[DATASET EXTRACT]
◇ ◇ ◇
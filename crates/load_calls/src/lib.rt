// The call that a draw of a load begins with, repeated past a copy-out (document 02, N10).
#![tactic(auto)]

ghost use Rattle.std.specs.Prelude.{◌≡◌, is_err};
ghost use Rattle.protocol.specs.Calls.{ends, result_of, box_of};
ghost use Rattle.load_calls.specs.Openings.{opening, past, left_of};

use draws::Kind;
use fetch_path::fetch;
use layout::Block;
use maintenance::flush;
use protocol::{Answer, Outcome, Refusal};
use read_path::look_up;
use record::Record;
use write_path::offer;

// The call that a draw begins with.
fn begin(
    ssd: &mut [u8],
    hdd: &mut [u8],
    table: &mut [u32],
    state: Record,
    kind: Kind,
    block: Block,
) -> Result<Outcome, Refusal>
    ensures { ends state result ssd.new hdd.new table.new ≡ result_of (opening kind block) (box_of ssd.old hdd.old table.old state) }
{
    match kind {
        Kind::Write => offer::offer(ssd, hdd, table, state, block, 0),
        Kind::Fetch => fetch::fetch(ssd, hdd, table, state, block, 0),
        Kind::LookUp => look_up::look_up(ssd, hdd, table, state, block),
        Kind::Flush => flush::flush(ssd, hdd, table, state),
    }
}

// The same, repeated past a copy-out: what it answers, or what refuses it. The record is changed where it stands: a copy-out changes it,
// though the call is refused then.
pub fn begin_past(
    ssd: &mut [u8],
    hdd: &mut [u8],
    table: &mut [u32],
    state: &mut Record,
    kind: Kind,
    block: Block,
) -> Result<Outcome, Refusal>
    ensures whole { ends state.new result ssd.new hdd.new table.new ≡ past (opening kind block) (box_of ssd.old hdd.old table.old state.old) }
    ensures left { record { box = box_of ssd.new hdd.new table.new state.new; refused = is_err result } ≡ left_of (past (opening kind block) (box_of ssd.old hdd.old table.old state.old)) }
{
    let first = begin(ssd, hdd, table, *state, kind, block)?;
    *state = first.state;
    if let Answer::CopiedOut = first.answer {
        let again = begin(ssd, hdd, table, *state, kind, block)?;
        *state = again.state;
        return Ok(again);
    }
    Ok(first)
}
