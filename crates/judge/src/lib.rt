// The judge of an image (01, "A sound image"; the order and the places of faults: 02 §2): a walk down the tree of directories that
// gives each page its owner and stops at the first fault.
// No function changes the image. The one public function has no `requires`: it says of any bytes what they are.
#![tactic(auto)]

ghost use Rattle.std.specs.Prelude.{◌≡◌, ℕ, suc, ◌≤◌, ◌<◌, length, replicate};
ghost use Rattle.model.specs.Layout.{page_count};
ghost use Rattle.model.specs.Entry.{entry_count, entry_at};
ghost use Rattle.model.specs.Version1.{view};
ghost use Rattle.model.specs.Judge.{judge_entry, judge_directory, judge_walk, judge};
ghost use Rattle.view_laws.specs.Marks.{unowned};
ghost use Rattle.faults.specs.Answers.{outcome};
ghost use Rattle.owning.specs.Marked.{Marked};
ghost use Rattle.fresh.specs.Earlier.{position, earlier};
ghost use Rattle.outcomes.specs.Answers.{answered, counted};
ghost use Rattle.refusals.specs.Told.{told};
ghost use Rattle.judge.specs.Answers.{judged_as};

use faults::Fault;
use fields::{Entry, Page};
use outcomes::Counts;
use refusals::Refusal;

// ---- the walk: a directory judges its entries, and an entry that is a directory is judged as one in turn

// Judges entry i of a directory and all below it. A directory gets its owner before it is judged, so fewer pages have none:
// any depth f from their number on is enough, and the walk ends.
#[cycle(judge_directory_judge_entry)]
fn judge_entry(image: &[u8], marks: &mut [u8], directory: Page, i: usize) -> Result<(), Fault>
    requires { Marked image.now marks.old × (directory.0 < length marks.old) × (i < entry_count directory.0) }
    ensures { (f : ℕ) → unowned marks.old ≤ f →
        outcome result marks.new
        ≡ judge_entry (judge_directory f (view image.now)) (view image.now) directory.0 i (earlier directory.0 i)
        (entry_at image.now (position directory.0 i)) marks.old }
{
    match fields::entry_at(image, fields::entry_position(directory, i)) {
        Entry::Vacant => Ok(()),
        Entry::File(start, size) => {
            if !fresh::name_is_fresh(image, directory, i) {
                return Err(Fault::BadEntry(directory, i));
            }
            owning::own_chain(image, marks, directory, i, fields::pages_for(size), start)
        }
        Entry::Directory(start, size) => {
            if size != 0x0100 {
                return Err(Fault::BadEntry(directory, i));
            }
            if !fresh::name_is_fresh(image, directory, i) {
                return Err(Fault::BadEntry(directory, i));
            }
            owning::own_page(image, marks, start, Fault::BadChain(directory, i, 0))?;
            judge_directory(image, marks, start)
        }
    }
}

// Judges the entries of a directory in order. The root is the directory on page 0.
#[cycle(judge_directory_judge_entry)]
fn judge_directory(image: &[u8], marks: &mut [u8], directory: Page) -> Result<(), Fault>
    requires { Marked image.now marks.old × (directory.0 < length marks.old) }
    ensures { (f : ℕ) → unowned marks.old ≤ f →
        outcome result marks.new ≡ judge_directory (suc f) (view image.now) directory.0 marks.old }
{
    let count = fields::entry_count(directory);
    for i in 0..count {
        let entry = fields::entry_at(image, fields::entry_position(directory, i));
        if let Entry::Vacant = entry {
            continue;
        }
        judge_entry(image, marks, directory, i)?;
    }
    Ok(())
}

// ---- the image

// The walk alone: every owned page gets its owner mark. No page has one at its beginning. A repair marks these pages in the bitmap (02 §7).
pub fn own_pages(image: &[u8], marks: &mut [u8]) -> Result<(), Fault>
    requires { Marked image.now marks.old × (marks.old ≡ replicate (page_count image.now) 0) }
    ensures { outcome result marks.new ≡ judge_walk image.now }
{
    judge_directory(image, marks, Page(0))
}

// The walk, and what comes after it.
fn judge_all(image: &[u8], marks: &mut [u8]) -> Result<(), Fault>
    requires { Marked image.now marks.old × (marks.old ≡ replicate (page_count image.now) 0) }
    ensures { outcome result marks.new ≡ judge image.now }
{
    own_pages(image, marks)?;
    rest::judge_rest(image, marks)
}

// The length is judged first, then the header, then the rest: 1 and 2 stand above the faults. The free number of a sound image is byte 3,
// for `judge_rest` has counted it.
pub fn judge_image(image: &[u8]) -> Result<Counts, Refusal>
    ensures { answered told counted result ≡ judged_as image.now }
{
    if !fields::length_is_allowed(image.len()) {
        return Err(Refusal::BadLength);
    }
    if !fields::header_is_right(image) {
        return Err(Refusal::BadHeader);
    }
    let n = fields::page_count(image.len());
    let mut marks = [0u8; 256];
    judge_all(image, &mut marks[..n])?;
    Ok(Counts {
        pages: n,
        free: fields::free_count(image),
    })
}
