//! Judges paint scripts: each line of standard input is the bytes of one script in hexadecimal digits, and each line of
//! standard output says how many lines that script has, or its first bad line with the first cause.
//!
//! A script that is read must also be spelled as it was.
#![tactic(auto)]

mod verdict;

use std::io::{self, BufRead, BufReader};
use verdict::judge;

fn main(rt: HostRuntime) -> io::Result<()> {
    let input = BufReader::new(rt.alloc(), rt.reader())?;
    for line in input.lines(rt.alloc()) {
        let verdict = judge(rt.alloc(), line?.as_str());
        println!(rt; "{verdict}")?;
    }
    Ok(())
}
◇ ◇ ◇
[TASK STATEMENT] Every line containing the string "filename" is required; copy each such line from the data.

[THE ANSWER]
filename crates/load_calls/src/lib.rt
filename crates/judge/src/lib.rt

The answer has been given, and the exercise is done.